EXERCISE: Starting at the first line of the entries below, output every line exactly, up to and including the line with "a stream class.".

[Records from a collection]
╔══

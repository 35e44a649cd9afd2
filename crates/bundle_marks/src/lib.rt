// Which stream and event classes a list names: a mark by the byte of the table where each fragment opens. Entry 2 names a stream class.
// Entry 5 names an event class of the stream class in front, that of the latest entry 2, and the stream class with it, so that no law
// about lists is needed to say that an event class never stays without its stream class.
#![tactic(auto)]

ghost use Rattle.std.specs.Prelude.{◌≡◌, ◌*◌, ◌≤◌, length};
ghost use Rattle.rules.specs.Limits.{table_limit, words_per_entry};
ghost use Rattle.class_layout.specs.Sizes.{Sized};
ghost use Rattle.class_lookup.specs.Index.{Hints};
ghost use Rattle.bundle_marks.specs.Marked.{entries_of, stream_place, front_of, Below, mark_at, next_front, mark_one, mark_list};

use class_lookup::{find_event_class, find_stream_class};
use numbers::entries;
use numbers::limits::WORDS_PER_ENTRY;

// The stream class in front: its id, and where it stands.
#[derive(Clone, Copy)]
struct Front {
    id: u64,
    place: Option<usize>,
}

// The word of an entry that is its value.
const VALUE: usize = 3;

// Marks the classes that the first entries of a list name. In front of its first entry 2 the stream class is 0.
pub fn mark(
    table: &[u8],
    sizes: &[u16],
    index: &[u32],
    list: &[u64],
    entries: usize,
    marks: &mut [u8],
)
    requires sized { (Sized table.now sizes.now) × (Hints table.now index.now) }
    requires entries_in_bounds { (words_per_entry * entries ≤ length list.now) × (table_limit ≤ length marks.old) }
    ensures { marks.new ≡ mark_list table.now 0 (entries_of entries list.now) marks.old }
{
    let mut front = in_front(table, sizes, 0);
    for i in 0..entries {
        let at = WORDS_PER_ENTRY * i;
        front = mark_entry(
            table,
            sizes,
            index,
            list[at],
            list[at + VALUE],
            front,
            marks,
        );
    }
}

// By one entry; gives the stream class in front behind it.
fn mark_entry(
    table: &[u8],
    sizes: &[u16],
    index: &[u32],
    kind: u64,
    value: u64,
    front: Front,
    marks: &mut [u8],
) -> Front
    requires sized { (Sized table.now sizes.now) × (Hints table.now index.now) }
    requires place_value { (front.place ≡ stream_place table.now front.id) × (table_limit ≤ length marks.old) }
    ensures { (result ≡ front_of table.now (next_front front.id kind value))
        × (marks.new ≡ mark_one table.now front.id kind value marks.old) }
{
    if kind == entries::STREAM_CLASS_FOUND {
        let found = in_front(table, sizes, value);
        let place = found.place;
        mark_place(marks, place);
        return found;
    }
    let names_event = kind == entries::EVENT_CLASS_FOUND;
    if names_event {
        mark_place(
            marks,
            find_event_class(table, sizes, index, front.id, value),
        );
        let place = front.place;
        mark_place(marks, place);
        return front;
    }
    front
}

// The stream class that has an id.
fn in_front(table: &[u8], sizes: &[u16], id: u64) -> Front
    requires { Sized table.now sizes.now }
    ensures { result ≡ front_of table.now id }
{
    let place = find_stream_class(table, sizes, id);
    Front { id, place }
}

fn mark_place(marks: &mut [u8], place: Option<usize>)
    requires { Below (length marks.old) place }
    ensures { marks.new ≡ mark_at place marks.old }
{
    match place {
        Some(at) => marks[at] = 1,
        None => {}
    }
}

╚══

SOLVED EXERCISE:
repository 35e44a649cd9afd2
filename crates/bundle_marks/src/lib.rt
// Which stream and event classes a list names: a mark by the byte of the table where each fragment opens. Entry 2 names a stream class.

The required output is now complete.